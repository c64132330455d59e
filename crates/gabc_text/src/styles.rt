//! The styles of a text.

ghost use Rattle.std.specs.Prelude.{◌≡◌};
ghost use Rattle.gabc_text.specs.TextFacts.{has_style, is_empty};
ghost use Rattle.gabc_text.specs.machine.TextFacts.{with_style};

/// The styles of a text, in the order in which they are printed (GregorioRef, "Syllable Text
/// Syntax").
#[derive(Clone, Copy, Debug, PartialEq, Eq)]
pub enum Style {
    /// `<b>`, bold.
    B,
    /// `<c>`, coloured.
    C,
    /// `<e>`, elision.
    E,
    /// `<i>`, italic.
    I,
    /// `<sc>`, small capitals.
    Sc,
    /// `<tt>`, typewriter.
    Tt,
    /// `<ul>`, underlined.
    Ul,
}

/// A set of styles: those of the seven that are open.
#[derive(Clone, Copy, Debug, PartialEq, Eq)]
pub struct Styles {
    /// Whether `<b>` is open.
    pub b: bool,
    /// Whether `<c>` is open.
    pub c: bool,
    /// Whether `<e>` is open.
    pub e: bool,
    /// Whether `<i>` is open.
    pub i: bool,
    /// Whether `<sc>` is open.
    pub sc: bool,
    /// Whether `<tt>` is open.
    pub tt: bool,
    /// Whether `<ul>` is open.
    pub ul: bool,
}

impl Styles {
    /// No style is open.
    pub const NONE: Styles = Styles {
        b: false,
        c: false,
        e: false,
        i: false,
        sc: false,
        tt: false,
        ul: false,
    };

    /// Returns whether `style` is open.
    pub fn has(self, style: Style) -> bool
        ensures { result ≡ has_style self style }
    {
        match style {
            Style::B => self.b,
            Style::C => self.c,
            Style::E => self.e,
            Style::I => self.i,
            Style::Sc => self.sc,
            Style::Tt => self.tt,
            Style::Ul => self.ul,
        }
    }

    /// Returns the set with `style` in it, if `is_open`, or else without it.
    pub(crate) fn with(self, style: Style, is_open: bool) -> Styles
        ensures { result ≡ with_style self style is_open }
    {
        match style {
            Style::B => Styles { b: is_open, ..self },
            Style::C => Styles { c: is_open, ..self },
            Style::E => Styles { e: is_open, ..self },
            Style::I => Styles { i: is_open, ..self },
            Style::Sc => Styles {
                sc: is_open,
                ..self
            },
            Style::Tt => Styles {
                tt: is_open,
                ..self
            },
            Style::Ul => Styles {
                ul: is_open,
                ..self
            },
        }
    }

    /// Returns whether no style is open.
    pub fn is_empty(self) -> bool
        ensures { result ≡ is_empty self }
    {
        !(self.b || self.c || self.e || self.i || self.sc || self.tt || self.ul)
    }
}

━━━━━━━━━━━━━━━━━━━━━━━━━━━━━━

**What you have to do:** In the entries above, find each line with "TextFacts" and list it.

**Exercise solution:**
ghost use Rattle.gabc_text.specs.TextFacts.{has_style, is_empty};
ghost use Rattle.gabc_text.specs.machine.TextFacts.{with_style};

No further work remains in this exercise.